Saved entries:
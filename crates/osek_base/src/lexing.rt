//! OIL: grammar. Bytes to tokens, for any kind of token.

ghost use Rattle.std.specs.Prelude.{◌≡◌, ◌<◌, ◌≤◌, ℕ, List, Option, option_map, length, IfSome, IfNone, IfOk, IfErr};
ghost use Rattle.osek_base.specs.Tokens.{Lexes, lexemes_of, IsLexFault};
ghost use Rattle.osek_base.specs.declared.lexing.LexFault.TheVariants.{Memory};

use std::alloc::{AllocFailed, Global};

/// What stands at the front of some bytes: a token, or white space or a comment, which is none.
#[derive(Clone, Copy)]
pub struct Piece<T> {
    /// How many bytes it has.
    pub len: usize,
    pub token: Option<T>,
}

/// A token and the place of its first byte, counted from 0.
#[derive(Clone, Copy, PartialEq, Eq)]
pub struct Placed<T> {
    pub place: usize,
    pub token: T,
}

/// Why a text has no tokens.
#[derive(Clone, Copy)]
pub enum LexFault {
    /// The first byte at which no piece of the text begins.
    NoPiece(usize),
    /// A growth of the memory was refused.
    Memory,
}

impl<T: Drop> From<AllocFailed<T>> for LexFault {
    ghost from_gives = { λ _ e. e ≡ Memory };

    fn from(_e: AllocFailed<T>) -> LexFault {
        LexFault::Memory
    }
}

/// A kind of token, by the pieces that its texts have.
pub trait Token<'a>: Copy + Drop {
    /// A token without where it lies in memory.
    ghost Word: { Type 0 };

    /// That of a token.
    ghost word: { Self → Word };

    /// The first so many bytes are a piece, with or without a token.
    ghost IsPiece: { List ℕ → ℕ → Option Word → Type 0 };

    /// The piece at the front of some bytes, where one begins there.
    fn piece_at(bytes: &'a [u8]) -> Option<Piece<Self>>
        requires { 0 < length bytes.now }
        ensures some { IfSome result (λ p. IsPiece bytes.now p.len (option_map word p.token)) }
        ensures within { IfSome result (λ p. (0 < p.len) × (p.len ≤ length bytes.now)) }
        ensures none { IfNone result ((n : ℕ) (t : Option Word) → ¬ IsPiece bytes.now n t) };
}

/// The tokens of a text, in order.
pub fn tokenize<'a, T: Token<'a>>(alloc: Global, text: &'a [u8]) -> Result<Vec<Placed<T>>, LexFault>
    ensures tokens { IfOk result
        (λ tokens. Lexes T.IsPiece text.now 0 (lexemes_of T.word tokens.items)) }
    ensures fault { IfErr result (λ e. IsLexFault T.IsPiece text.now e) }
{
    let mut tokens = Vec::new(alloc);
    let mut place = 0;
    'pieces: while place < text.len() {
        let Some(piece) = T::piece_at(&text[place..]) else {
            return Err(LexFault::NoPiece(place));
        };
        if let Some(token) = piece.token {
            tokens.push(Placed { place, token })?;
        }
        place += piece.len;
    }
    Ok(tokens)
}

Task brief: Write the "let mut place = 0;" line and all later lines exactly. Stop at the end of the data.

Reply to the exercise:
    let mut place = 0;
    'pieces: while place < text.len() {
        let Some(piece) = T::piece_at(&text[place..]) else {
            return Err(LexFault::NoPiece(place));
        };
        if let Some(token) = piece.token {
            tokens.push(Placed { place, token })?;
        }
        place += piece.len;
    }
    Ok(tokens)
}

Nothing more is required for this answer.